::: GIVEN INFORMATION

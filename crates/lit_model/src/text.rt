//! Texts that a style prints.

ghost use Rattle.std.specs.Prelude.{◌≡◌, option_map, string_bytes, IfOk};
ghost use Rattle.lit_model.specs.Text as spec;

use csl_common::{LongShortForm, Memory};
use std::alloc::Global;

/// The kind of a chunk: whether a style may change its text.
#[derive(Clone, Copy, Debug, Default, PartialEq, Eq, Hash)]
pub enum ChunkKind {
    /// A style may change the text, for example its case.
    #[default]
    Normal,
    /// No style changes the text.
    Verbatim,
    /// Mathematics. No style changes it.
    Math,
}

/// A piece of a text.
#[derive(PartialEq, Eq, Hash, Drop)]
pub struct StringChunk {
    /// The text.
    pub value: String,
    /// Whether a style may change the text.
    pub kind: ChunkKind,
}

/// A text in pieces.
#[derive(PartialEq, Eq, Hash, Drop)]
pub struct ChunkedString(pub Vec<StringChunk>);

/// A text, with a short form if it has one.
#[derive(PartialEq, Eq, Drop)]
pub struct FormatString {
    /// The whole text.
    pub value: ChunkedString,
    /// The short form.
    pub short: Option<ChunkedString>,
}

impl ChunkedString {
    /// A text in one piece, which a style may change.
    pub fn plain(alloc: Global, text: &str) -> Result<ChunkedString, Memory>
        ensures { IfOk result (λ plain. spec.chunks plain ≡ spec.in_one_piece text.now) }
    {
        let chunk = StringChunk {
            value: String::from_str(alloc, text)?,
            kind: ChunkKind::Normal,
        };
        Ok(ChunkedString(vec![in alloc; chunk]?))
    }
}

impl FormatString {
    /// A text in one piece, which a style may change, without a short form.
    pub fn plain(alloc: Global, text: &str) -> Result<FormatString, Memory>
        ensures { IfOk result (λ plain. spec.format_string_view plain ≡ spec.plain_forms text.now) }
    {
        Ok(FormatString {
            value: ChunkedString::plain(alloc, text)?,
            short: None,
        })
    }

    /// The text in a form: the short form if it is requested and there is one, else the whole text.
    pub fn select(&self, form: LongShortForm) -> &ChunkedString
        ensures { result.now ≡ spec.select form self.now }
    {
        match form {
            LongShortForm::Long => &self.value,
            LongShortForm::Short => match &self.short {
                Some(short) => short,
                None => &self.value,
            },
        }
    }
}

impl StringChunk {
    /// A copy.
    pub fn clone(&self, alloc: Global) -> Result<StringChunk, Memory>
        ensures { IfOk result (λ c. spec.chunk_of c ≡ spec.chunk_of self.now) }
    {
        let value = String::from_str(alloc, self.value.as_str())?;
        Ok(StringChunk {
            value,
            kind: self.kind,
        })
    }
}

impl ChunkedString {
    /// A copy.
    pub fn clone(&self, alloc: Global) -> Result<ChunkedString, Memory>
        ensures { IfOk result (λ t. spec.chunks t ≡ spec.chunks self.now) }
    {
        let mut copies = Vec::with_capacity(alloc, self.0.len())?;
        for chunk in &self.0 {
            copies.push(chunk.clone(alloc)?)?;
        }
        Ok(ChunkedString(copies))
    }
}

impl FormatString {
    /// A copy.
    pub fn clone(&self, alloc: Global) -> Result<FormatString, Memory>
        ensures { IfOk result (λ t. spec.format_string_view t ≡ spec.format_string_view self.now) }
    {
        let value = self.value.clone(alloc)?;
        let short = copy_short(&self.short, alloc)?;
        Ok(FormatString { value, short })
    }
}

fn copy_short(short: &Option<ChunkedString>, alloc: Global) -> Result<Option<ChunkedString>, Memory>
    ensures { IfOk result (λ t. option_map spec.chunks t ≡ option_map spec.chunks short.now) }
{
    match short {
        None => Ok(None),
        Some(short) => {
            let copy = short.clone(alloc)?;
            Ok(Some(copy))
        }
    }
}

/// A copy of a text, if there is one.
pub(crate) fn copy_text(text: &Option<String>, alloc: Global) -> Result<Option<String>, Memory>
    ensures { IfOk result (λ t. option_map string_bytes t ≡ option_map string_bytes text.now) }
{
    match text {
        None => Ok(None),
        Some(text) => {
            let copy = String::from_str(alloc, text.as_str())?;
            Ok(Some(copy))
        }
    }
}

/// A copy of a text with its forms, if there is one.
pub(crate) fn copy_forms(
    text: &Option<FormatString>,
    alloc: Global,
) -> Result<Option<FormatString>, Memory>
    ensures { IfOk result (λ t. option_map spec.format_string_view t
        ≡ option_map spec.format_string_view text.now) }
{
    match text {
        None => Ok(None),
        Some(text) => {
            let copy = text.clone(alloc)?;
            Ok(Some(copy))
        }
    }
}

::::::

WHAT TO PRODUCE: Using the material above, transcribe exactly the lines from the line with "text in pieces." to the line with "The short form."; both count, and nothing else goes in.

SOLUTION:
/// A text in pieces.
#[derive(PartialEq, Eq, Hash, Drop)]
pub struct ChunkedString(pub Vec<StringChunk>);

/// A text, with a short form if it has one.
#[derive(PartialEq, Eq, Drop)]
pub struct FormatString {
    /// The whole text.
    pub value: ChunkedString,
    /// The short form.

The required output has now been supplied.